Outside of the human oncology department, UW-Madison’s Nuclear Engineering Department conducts research on the design of cyclotrons, or particle accelerators, that purify and isolate new radioactive isotopes. Medical physics and radiology professors at UW-Madison are also leaders in theranostics development.
Morris said he enjoys bringing new members of UW-Madison into the field of theranostics, and the “team science” at the university represents the type of approach necessary to eventually achieve a cure to cancer.
“Growing up, I had a strong family history of cancer, and there were a number of family members who went through cancer treatment,” Morris said. “That was my longstanding motivation to get into the field of cancer research… I really enjoy working here at the University of Wisconsin, where it's a very collaborative environment and we have great teams of researchers that work together to advance these approaches.”
The past, present and future of theranostics
In the early 1900s, hospitals started using radium as a cancer treatment.

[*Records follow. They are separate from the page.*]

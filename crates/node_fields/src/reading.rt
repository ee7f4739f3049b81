//! Frames, locations and exits that texts spell.

ghost use Rattle.std.specs.Prelude.{◌≡◌, ◌≤◌, option_map};
ghost use Rattle.node_fields.specs.Decimals as decimals;
ghost use Rattle.node_fields.specs.Nodes as fields;

use call_context::{Calls, Frame, Node};
use text_fields::{behind, cut, number};

/// How many sites a location has at most.
const MOST_SITES: usize = 8;

/// The number below 100 of a text.
fn read_decimal(text: &[u8]) -> Option<u8>
    ensures { result ≡ decimals.decimal_of text.now }
{
    match text {
        [digit] if b'0' <= *digit && *digit <= b'9' => Some(*digit - b'0'),
        [first, second] if b'0' < *first && *first <= b'9' && b'0' <= *second && *second <= b'9' =>
            { Some((*first - b'0') * 10 + (*second - b'0')) }
        _ => None,
    }
}

/// A level of an interrupt: one decimal digit.
fn read_level(text: &[u8]) -> Option<u8>
    ensures { result ≡ fields.level_field.value text.now }
{
    let level = read_decimal(text)?;
    if level < 10 { Some(level) } else { None }
}

/// A stack pointer, or a dash for none.
fn read_sp(text: &[u8], digits: u8) -> Option<Option<u16>>
    requires { digits ≤ 4 }
    ensures { result ≡ (fields.sp_field digits).value text.now }
{
    if text == b"-".as_slice() {
        return Some(None);
    }
    Some(Some(number(text, digits)?))
}

/// The stack pointer and the level of an interrupt's entry.
fn read_entry(text: &[u8], digits: u8) -> Option<(Option<u16>, u8)>
    requires { digits ≤ 4 }
    ensures { result ≡ (fields.entry_field digits).value text.now }
{
    let (sp, level) = cut(text, b'.')?;
    Some((read_sp(sp, digits)?, read_level(level)?))
}

/// The vector of an interrupt, and its entry.
fn read_vector(text: &[u8], digits: u8) -> Option<(u8, (Option<u16>, u8))>
    requires { digits ≤ 4 }
    ensures { result ≡ (fields.vector_field digits).value text.now }
{
    let (vector, entry) = cut(text, b'@')?;
    Some((read_decimal(vector)?, read_entry(entry, digits)?))
}

/// A frame.
fn read_frame(text: &[u8], digits: u8) -> Option<Frame>
    requires { digits ≤ 4 }
    ensures { result ≡ (fields.frame_field digits).value text.now }
{
    if text == b"base".as_slice() {
        return Some(Frame::Base);
    }
    let parts = behind(b"irq".as_slice(), text)?;
    let (vector, (sp, level)) = read_vector(parts, digits)?;
    Some(Frame::Irq { vector, sp, level })
}

/// Sites with commas, at least one.
fn read_sites(text: &[u8]) -> Option<Calls>
    ensures { result ≡ fields.some_calls text.now }
{
    let mut sites = Calls::new();
    let mut rest = text;
    while let Some((first, behind)) = cut(rest, b',') {
        let Some(site) = number(first, 4) else {
            return None;
        };
        if sites.len() == MOST_SITES {
            return None;
        }
        sites.push(site);
        rest = behind;
    }
    let Some(site) = number(rest, 4) else {
        return None;
    };
    if sites.len() == MOST_SITES {
        return None;
    }
    sites.push(site);
    Some(sites)
}

/// The sites of a location.
fn read_calls(text: &[u8]) -> Option<Calls>
    ensures { result ≡ fields.calls_field.value text.now }
{
    if text == b"".as_slice() {
        return Some(Calls::new());
    }
    read_sites(text)
}

/// The sites and the frame of a location.
fn read_context(text: &[u8], digits: u8) -> Option<(Calls, Frame)>
    requires { digits ≤ 4 }
    ensures { result ≡ (fields.context_field digits).value text.now }
{
    let (calls, frame) = cut(text, b':')?;
    let Some(calls) = read_calls(calls) else {
        return None;
    };
    Some((calls, read_frame(frame, digits)?))
}

/// The location that a text spells, without its letter. A stack pointer has at most four digits.
pub fn read_location(text: &[u8], digits: u8) -> Option<Node>
    requires { digits ≤ 4 }
    ensures { result ≡ fields.location_in digits text.now }
{
    let (pc, context) = cut(text, b':')?;
    let pc = number(pc, 4)?;
    let Some((calls, frame)) = read_context(context, digits) else {
        return None;
    };
    Some(Node::At(pc, calls, frame))
}

/// The exit that a text spells, without its letter. A stack pointer has at most four digits.
pub fn read_exit(text: &[u8], digits: u8) -> Option<Node>
    requires { digits ≤ 4 }
    ensures { result ≡ fields.exit_in digits text.now }
{
    let (pc, frame) = cut(text, b':')?;
    Some(Node::Exit(number(pc, 4)?, read_frame(frame, digits)?))
}

/// The node in front of the first space of a text, and the text behind it.
fn split_location(row: &[u8], digits: u8) -> Option<(Node, &[u8])>
    requires { digits ≤ 4 }
    ensures { option_map (λ x. (x.0, x.1.now)) result
        ≡ fields.split_in (fields.location_in digits) row.now }
{
    let (node, text) = cut(row, b' ')?;
    let Some(node) = read_location(node, digits) else {
        return None;
    };
    Some((node, text))
}

/// The same of an exit.
fn split_exit(row: &[u8], digits: u8) -> Option<(Node, &[u8])>
    requires { digits ≤ 4 }
    ensures { option_map (λ x. (x.0, x.1.now)) result
        ≡ fields.split_in (fields.exit_in digits) row.now }
{
    let (node, text) = cut(row, b' ')?;
    let Some(node) = read_exit(node, digits) else {
        return None;
    };
    Some((node, text))
}

/// The node of a row, and the text behind it and its space. A stack pointer has at most four digits.
pub fn split_row(row: &[u8], digits: u8) -> Option<(Node, &[u8])>
    requires { digits ≤ 4 }
    ensures { option_map (λ x. (x.0, x.1.now)) result ≡ fields.split_row digits row.now }
{
    match behind(b"N ".as_slice(), row) {
        Some(rest) => split_location(rest, digits),
        None => split_exit(behind(b"X ".as_slice(), row)?, digits),
    }
}
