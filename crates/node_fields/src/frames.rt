//! What chips ask of their nodes alike.

ghost use Rattle.std.specs.Prelude.{◌≡◌};
ghost use Rattle.node_fields.specs.Tests as tests;

use call_context::Frame;

/// Whether a frame was entered at one stack pointer.
pub fn has_entry(frame: &Frame) -> bool
    ensures { result ≡ tests.has_entry frame.now }
{
    match frame {
        Frame::Irq { sp: Some(_), .. } => true,
        _ => false,
    }
}
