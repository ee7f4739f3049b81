//! Nodes as fields of a text: `specs/Nodes.antt` has the spelling of frames, locations and exits, and of a row, which is a
//! node and what is written of it. The calls read and write them, each with one exact clause. `specs/Tests.antt` says how a
//! chip tests its nodes, given what it asks of an address and of a frame.
//!
//! A state's first field that isn't within that of another is told with both texts ([`Outside`], by [`told`]); `specs/Outside.antt`
//! says when there is none.
#![tactic(auto)]

mod frames;
mod outside;
mod reading;
mod writing;

pub use frames::has_entry;
pub use outside::{Outside, named_field, told};
pub use reading::{read_exit, read_location, split_row};
pub use writing::push_node;
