//! The analysis of a small chip by several workers.

ghost use Rattle.std.specs.Prelude.{◌<◌, ◌≤◌};

use crate::books::{Sizes, sizes_of};
use crate::chip::{failing, of_shape};
use crate::shape::Shape;
use chip_analysis::Chip;
use holding_gate::HoldingGate;
use no_memory::Memory;
use std::alloc::Global;
use std::sync::Wait;
use std::thread::Threads;
use worker_crew::fixpoint;
use worker_rounds::NoGate;

/// The sizes of the book that some workers make. None says that memory ran out.
fn crew_sizes<R: Threads + Wait + Sync, C: Chip<Base: Send> + Send + Sync>(
    rt: &R,
    alloc: Global,
    chip: &C,
    workers: u32,
) -> Option<Sizes>
    requires some_worker { 0 < workers }
    requires few { workers ≤ 16 }
{
    match fixpoint(rt, alloc, chip, workers, &NoGate) {
        Ok(book) => Some(sizes_of(book)),
        Err(Memory) => None,
    }
}

#[test]
fn each_number_of_workers_finishes(rt: HostRuntime) {
    for workers in 1..=16 {
        let found = crew_sizes(&rt, rt.alloc(), &of_shape(Shape::Tree(2_000)), workers);
        assert_eq!(rt; found, Some((true, 2_001, 2_001, 4_002)));
    }
}

/// Three claims are given back, where a worker is left that goes on.
#[test]
fn others_go_on_without_memory(rt: HostRuntime) {
    let tree = Shape::Tree(40);
    let found = [
        crew_sizes(&rt, rt.alloc(), &failing(tree, 3), 4),
        crew_sizes(&rt, rt.alloc(), &failing(tree, 3), 3),
        crew_sizes(&rt, rt.alloc(), &failing(tree, 1), 1),
    ];
    assert_eq!(rt; found, [Some((true, 41, 41, 88)), None, None]);
}

/// Whether two workers work at once, and tell the gate all that they do.
fn is_told<R: Threads + Wait + Sync, C: Chip<Base: Send> + Send + Sync>(
    rt: &R,
    alloc: Global,
    chip: &C,
    gate: &HoldingGate,
) -> bool {
    match fixpoint(rt, alloc, chip, 2, gate) {
        Ok(book) => {
            let (_, _, journal) = book.into_parts();
            gate.saw_all(journal.as_slice())
        }
        Err(Memory) => false,
    }
}

#[test]
fn two_workers_work_at_once(rt: HostRuntime) {
    let gate = HoldingGate::new(1, 2);
    let told = is_told(&rt, rt.alloc(), &of_shape(Shape::Tree(40)), &gate);
    assert!(rt; told);
}
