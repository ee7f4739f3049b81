//! Which small chips there are.

/// What leads where.
#[derive(Clone, Copy)]
pub enum Shape {
    /// The only location counts: it posts its number plus one to itself.
    Counting,
    /// The only location posts 1 to itself: to 0 first, and then nothing new.
    Loop,
    /// Location 0 leads to 1 and 2, which count beside each other.
    Pair,
    /// The only location counts, and no number is within another: whatever is posted raises its node.
    Restless,
    /// Locations from 0 to the last, each of which leads to the next.
    Chain(u16),
    /// Locations from 0 to an even last one, each of which leads to two more.
    Tree(u16),
    /// Location 0 enters a handler, which leaves its frame, and the return goes on at location 4.
    Interrupted,
    /// Locations 1 and 2 post to 3, the first one a greater number, and 3 posts a small number back to both.
    Racing,
}
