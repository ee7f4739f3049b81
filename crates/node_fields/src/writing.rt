//! The texts of nodes.

ghost use Rattle.std.specs.Prelude.{◌≡◌, ◌++◌, OnOk};
ghost use Rattle.node_fields.specs.Decimals as decimals;
ghost use Rattle.node_fields.specs.Nodes as fields;

use call_context::{Frame, Node};
use std::alloc::AllocError;
use text_fields::{Field, number, push_list_or_mark, push_number};

/// Adds a number in decimal, as `decimal_text` has it below 100.
fn push_decimal(out: &mut Vec<u8>, number: u8) -> Result<(), AllocError>
    ensures { OnOk result (out.new.items ≡ out.old.items ++ decimals.decimal_text number) }
{
    if number >= 10 {
        out.push(b'0' + number / 10)?;
    }
    out.push(b'0' + number % 10)?;
    Ok(())
}

/// Adds a stack pointer, or a dash for none.
fn push_sp(out: &mut Vec<u8>, sp: Option<u16>, digits: u8) -> Result<(), AllocError>
    ensures { OnOk result (out.new.items ≡ out.old.items ++ (fields.sp_field digits).text sp) }
{
    match sp {
        Some(sp) => push_number(out, sp, digits),
        None => {
            out.push(b'-')?;
            Ok(())
        }
    }
}

/// Adds a frame.
fn push_frame(out: &mut Vec<u8>, frame: &Frame, digits: u8) -> Result<(), AllocError>
    ensures { OnOk result (out.new.items ≡ out.old.items
        ++ (fields.frame_field digits).text frame.now) }
{
    match frame {
        Frame::Base => out.extend_from_slice(b"base"),
        Frame::Irq { vector, sp, level } => {
            out.extend_from_slice(b"irq")?;
            push_decimal(out, *vector)?;
            out.push(b'@')?;
            push_sp(out, *sp, digits)?;
            out.push(b'.')?;
            push_decimal(out, *level)
        }
    }
}

/// A site as a field.
#[derive(Clone, Copy)]
struct SiteField;

impl Field for SiteField {
    type Value = u16;

    ghost use Rattle.text_fields.specs.Numbers.{hex_number};

    ghost field = { λ site. hex_number 4 };

    fn read(&self, text: &[u8]) -> Option<u16> {
        number(text, 4)
    }

    fn push(&self, value: &u16, out: &mut Vec<u8>) -> Result<(), AllocError> {
        push_number(out, *value, 4)
    }
}

/// Adds sites with commas between them.
fn push_calls(out: &mut Vec<u8>, sites: &[u16]) -> Result<(), AllocError>
    ensures { OnOk result (out.new.items ≡ out.old.items ++ fields.calls_field.text sites.now) }
{
    push_list_or_mark(&SiteField, b',', b"".as_slice(), sites, out)
}

/// Adds a node behind its letter and a space. A stack pointer has so many digits.
pub fn push_node(out: &mut Vec<u8>, node: &Node, digits: u8) -> Result<(), AllocError>
    ensures { OnOk result (out.new.items ≡ out.old.items
        ++ (fields.node_field digits).text node.now) }
{
    match node {
        Node::At(pc, calls, frame) => {
            out.extend_from_slice(b"N ")?;
            push_number(out, *pc, 4)?;
            out.push(b':')?;
            push_calls(out, calls.as_slice())?;
            out.push(b':')?;
            push_frame(out, frame, digits)
        }
        Node::Exit(pc, frame) => {
            out.extend_from_slice(b"X ")?;
            push_number(out, *pc, 4)?;
            out.push(b':')?;
            push_frame(out, frame, digits)
        }
    }
}
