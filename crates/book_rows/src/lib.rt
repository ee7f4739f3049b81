//! Rows of the book, of its seats and their turns, and of workers.
#![tactic(auto)]

#[cfg(test)]
mod books;
#[cfg(test)]
mod chip;
#[cfg(test)]
mod crews;
#[cfg(test)]
mod exchanges;
#[cfg(test)]
mod facts;
#[cfg(test)]
mod opens;
mod shape;
#[cfg(test)]
mod stack_pointers;
#[cfg(test)]
mod turns;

The first theranostic, radioiodine, was deployed to treat hyperthyroidism in the early 1940s. An isotope of radium, Radium-223, continues to function as a theranostics agent today, particularly to treat aggressive forms of prostate cancer.
“We've done [theranostics] for more than 100 years,” Morris said.
The word “theranostic” was first used in 1998 by a pharmaceutical consultant. The past decade saw a rapid expansion of interest and research into the treatment, driven by advances in both chemistry and nuclear medicine. Currently, the FDA has approved several theranostics for use in cancer treatment.
“There have been a couple of approvals of new theranostics in the last five years, and there's hope that there will be many more of those coming.” Morris said. “There's a lot of research going on in this field right now.”
But significant research remains before theranostics can become a widespread treatment. Different radiopharmaceuticals treat specific types of cancerous tumors, and Morris said many of those drugs are still in development. The number of drugs limits the types of cancers that can be treated with theranostics: currently only prostate cancer, thyroid cancer and certain types of neuroendocrine tumors have dedicated radiopharmaceuticals.
In addition to vector and chelator development, UW researchers are also studying the effects of different decay products of radioactive isotopes.
There are three decay products: alpha particles, beta particles and gamma rays. A gamma ray is similar to an X-ray, a beta particle is similar to an electron, and an alpha particle is a heavier form of radiation like a helium atom. An isotope of a theranostic could emit one or a combination of these forms of radiation to kill a cancer cell, but their effectiveness varies.
“If the field continues to grow, there's the potential that this is the type of treatment that could exist for almost every type of cancer eventually,” Morris said. “The more funding that we can attract to cancer research in general, the more quickly we're going to make progress.”